Thuy Tuong Nguyen received the B.S. (magna cum laude) degree in computer science from Nong Lam University, Ho Chi Minh City, Vietnam, in 2006, and the M.S. degree in electrical and computer engineering from Sungkyunkwan University, Suwon, Korea, in 2009, where he is currently working toward the Ph.D. degree at the School of Information and Communication Engineering. His research interests include computer vision, image processing, and graphics processing unit computing.
Daijin Kim received the B.S. degree in electronic engineering from Yonsei University, Seoul, Korea, in 1981, the M.S. degree in electrical engineering from the Korea Advanced Institute of Science and Technology, Daejeon, Korea, 1984, and the Ph.D. degree in electrical and computer engineering from Syracuse University, Syracuse, NY, in 1991. He is currently a Professor in the Department of Computer Science Engineering, Pohang University of Science and Technology, Pohang, Korea. His research interests include intelligent fuzzy system, soft computing, genetic algorithms, and hybridization of evolution and learning.

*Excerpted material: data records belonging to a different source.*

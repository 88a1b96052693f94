//! Whether a configuration is valid: for six of the nine rules the least path at which it is violated.
//!
//! Stands on `nm_validate_rules`, whose definitions say when a rule is violated. The layers above rely on what is answered being
//! exactly the violation that is told, whatever the rows lie over.
#![tactic(auto)]

pub mod areas;
pub mod cases;
mod choices;
mod counts;
mod fits;
pub mod keys;
mod leafs;
mod least;
pub mod tables;
mod too_few;
mod too_many;
mod value_types;
pub mod values;

pub use choices::{case_of_choice, choice_count, choice_of, choice_step, least_missing_choice};
pub use counts::has_more;
pub use keys::least_bad_key;
pub use leafs::least_missing_leaf;
pub use least::with_path;
pub use too_few::{front, has_at_least, is_allowed_by, least_too_few};
pub use too_many::least_too_many;
pub use value_types::{fits_row, least_bad_value};
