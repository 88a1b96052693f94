//! The least of paths that are found one after another.

ghost use Rattle.std.specs.Prelude.{◌≡◌};
ghost use Rattle.nm_validate_places.specs.Least as spec;

use nm_types::Path;

// Whether a path stands before what was found so far.
fn is_first(path: &Path, found: &Option<Path>) -> bool
    ensures { result ≡ spec.is_first path.now found.now }
{
    match found {
        None => true,
        Some(other) => path < other,
    }
}

/// The lesser of what was found so far and one path more.
pub fn with_path(found: Option<Path>, path: Path) -> Option<Path>
    ensures { result ≡ spec.with_path found path }
{
    if is_first(&path, &found) {
        return Some(path);
    }
    found
}
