//! Values and their types.

ghost use Rattle.std.specs.Prelude.{◌≡◌, IfOk};
ghost use Rattle.nm_types.specs.declared.value.Value.TheVariants as kind;
ghost use Rattle.nm_types.specs.LeafType.{integer, string};
ghost use Rattle.nm_types.specs.Limits as limit;
ghost use Rattle.nm_schema_tree.specs.Nodes.{type_at};
ghost use Rattle.nm_validate_rules.specs.Violated as spec;

use nm_base::NoMemory;
use nm_schema_tree::Schema;
use nm_types::{
    Parts, TypeKind, Value, ValueFault, are_characters, meets_range, read_value, write_value,
};
use std::alloc::Global;

// Whether a text is of a string type with this length, by its characters and their number. It makes no text to find out.
#[tactic(auto, unfolding(nm_validate_rules::specs::Violated::is_of_type))]
fn text_fits(length: &Option<Parts>, text: &str) -> bool
    ensures { result ≡ spec.is_of_type (kind.Text text.now) (record { kind = string; limits = length.now }) }
{
    if !are_characters(text) {
        return false;
    }
    if !meets_range(length, text.chars().count() as i128) {
        return false;
    }
    true
}

// Whether a number is within the bounds of an integer type.
fn is_between(low: i128, high: i128, number: i128) -> bool
    ensures { result ≡ limit.is_within number (low, high) }
{
    low <= number && number <= high
}

// Whether a number is of an integer type with these bounds and ranges. It writes no text to find out.
#[tactic(auto, unfolding(nm_validate_rules::specs::Violated::is_of_type))]
fn number_fits(low: i128, high: i128, range: &Option<Parts>, number: i128) -> bool
    ensures { result ≡ spec.is_of_type (kind.Int number) (record { kind = integer low high; limits = range.now }) }
{
    if !is_between(low, high, number) {
        return false;
    }
    meets_range(range, number)
}

/// Whether a node is a leaf or a leaf-list, and a value is of its type: its canonical text is read as that value (RFC 7950 section 9.1).
#[tactic(auto, unfolding(nm_validate_rules::specs::Violated::is_of_type))]
pub fn fits_at(alloc: Global, schema: &Schema, at: usize, value: &Value) -> Result<bool, NoMemory>
    ensures { IfOk result (λ fits. fits ≡ spec.fits_type value.now (type_at schema.now.nodes at)) }
{
    let Some(leaf_type) = schema.leaf_type(at) else {
        return Ok(false);
    };
    if let (TypeKind::Text, Value::Text(text)) = (&leaf_type.kind, value) {
        return Ok(text_fits(&leaf_type.limits, text.as_str()));
    }
    if let (TypeKind::Integer { low, high }, Value::Int(number)) = (&leaf_type.kind, value) {
        return Ok(number_fits(*low, *high, &leaf_type.limits, *number));
    }
    let text = write_value(alloc, leaf_type, value)?;
    match read_value(alloc, leaf_type, text.as_str()) {
        Ok(read) => Ok(*value == read),
        Err(ValueFault::BadText) => Ok(false),
        Err(ValueFault::OutOfRange) => Ok(false),
        Err(ValueFault::NoMemory) => Err(NoMemory),
    }
}
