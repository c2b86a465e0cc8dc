use records::{Kind, Line};
use stamps::{CardNo, TxNo};
use std::alloc::{AllocError, Global};
use std::collections::BTreeMap;

// A transaction and a card that it read or wrote.
#[derive(Clone, Copy, PartialEq, Eq, PartialOrd, Ord)]
pub struct Use {
    pub transaction: TxNo,
    pub card: CardNo,
}

// How a transaction ended.
#[derive(Clone, Copy, PartialEq, Eq)]
pub enum End {
    Done,
    Gone,
}

// What the records of a file tell so far.
#[derive(Drop)]
pub struct Tables {
    // Each READ, with the writer that it names.
    pub reads: BTreeMap<Use, TxNo>,
    // Each WRIT, with its place in the file.
    pub writs: BTreeMap<Use, usize>,
    // Each transaction with an end.
    pub ends: BTreeMap<TxNo, End>,
    // Each transaction, with the place of its first record.
    pub firsts: BTreeMap<TxNo, usize>,
    // Whether each READ so far named 0 or a transaction that was done by then.
    pub committed_reads: bool,
}

impl Tables {
    pub fn new(heap: Global) -> Tables {
        Tables {
            reads: BTreeMap::new(heap),
            writs: BTreeMap::new(heap),
            ends: BTreeMap::new(heap),
            firsts: BTreeMap::new(heap),
            committed_reads: true,
        }
    }

    // Whether the line may stand behind those that were taken.
    pub fn fits(&self, line: &Line) -> bool {
        if self.ends.contains_key(&line.transaction) {
            return false;
        }
        match line.kind {
            Kind::Read => self.read_fits(line),
            Kind::Writ => self.writ_fits(line),
            Kind::Done | Kind::Gone => true,
        }
    }

    // The first READ of its card by its transaction, of a version that is there and that another wrote.
    fn read_fits(&self, line: &Line) -> bool {
        let own = use_of(line);
        let source = Use {
            transaction: line.writer,
            card: line.card,
        };
        !self.reads.contains_key(&own)
            && line.writer != line.transaction
            && (line.writer == TxNo(0) || self.writs.contains_key(&source))
    }

    // The first WRIT of its card by its transaction, which has read the card.
    fn writ_fits(&self, line: &Line) -> bool {
        let own = use_of(line);
        self.reads.contains_key(&own) && !self.writs.contains_key(&own)
    }

    // Takes in the line that stands at this place.
    pub fn take(&mut self, place: usize, line: &Line) -> Result<(), AllocError> {
        self.firsts.entry(line.transaction)?.or_insert(place);
        match line.kind {
            Kind::Read => self.take_read(line),
            Kind::Writ => {
                self.writs.insert(use_of(line), place)?;
                Ok(())
            }
            Kind::Done => self.take_end(line.transaction, End::Done),
            Kind::Gone => self.take_end(line.transaction, End::Gone),
        }
    }

    fn take_read(&mut self, line: &Line) -> Result<(), AllocError> {
        if line.writer != TxNo(0) && !self.is_done(line.writer) {
            self.committed_reads = false;
        }
        self.reads.insert(use_of(line), line.writer)?;
        Ok(())
    }

    fn take_end(&mut self, transaction: TxNo, end: End) -> Result<(), AllocError> {
        self.ends.insert(transaction, end)?;
        Ok(())
    }

    // Whether the transaction has a DONE so far.
    pub fn is_done(&self, transaction: TxNo) -> bool {
        self.ends.get(&transaction).copied() == Some(End::Done)
    }

    // The first place of a record whose transaction has no end.
    pub fn first_without_end(&self) -> Option<usize> {
        self.firsts
            .iter()
            .filter(|(transaction, _)| !self.ends.contains_key(*transaction))
            .map(|(_, place)| *place)
            .min()
    }
}

// The use that a READ or a WRIT tells of.
fn use_of(line: &Line) -> Use {
    Use {
        transaction: line.transaction,
        card: line.card,
    }
}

Munsang Kim received the B.S. and M.S. degrees in mechanical engineering from the Seoul National University, Seoul, Korea, in 1980 and 1982, respectively, and the Dr.-Ing. degree in robotics from the Technical University of Berlin, Berlin, Germany, in 1987. Since 1987, he has been a Research Scientist at the Korea Institute of Science of Korea, Seoul. He led the Advanced Robotics Research Center in 2000 and became the director of the Intelligent Robot-The Frontier 21 Program in 2003. His current research interests include design and control of novel mobile manipulation systems, haptic device design and control, and sensor application to intelligent robots.
Jae Wook Jeon (S’82–M’84) received the B.S. and M.S. degrees in electronics engineering from Seoul National University, Seoul, Korea, in 1984 and 1986, respectively, and the Ph.D. degree in electrical engineering from Purdue University, West Lafayette, IN, in 1990. From 1990 to 1994, he was a Senior Researcher at Samsung Electronics, Suwon, Korea. In 1994, he joined the School of Electrical and Computer Engineering, Sungkyunkwan University, Suwon, as an Assistant Professor, where he is currently a Professor. His research interests include robotics, embedded systems, and factory automation.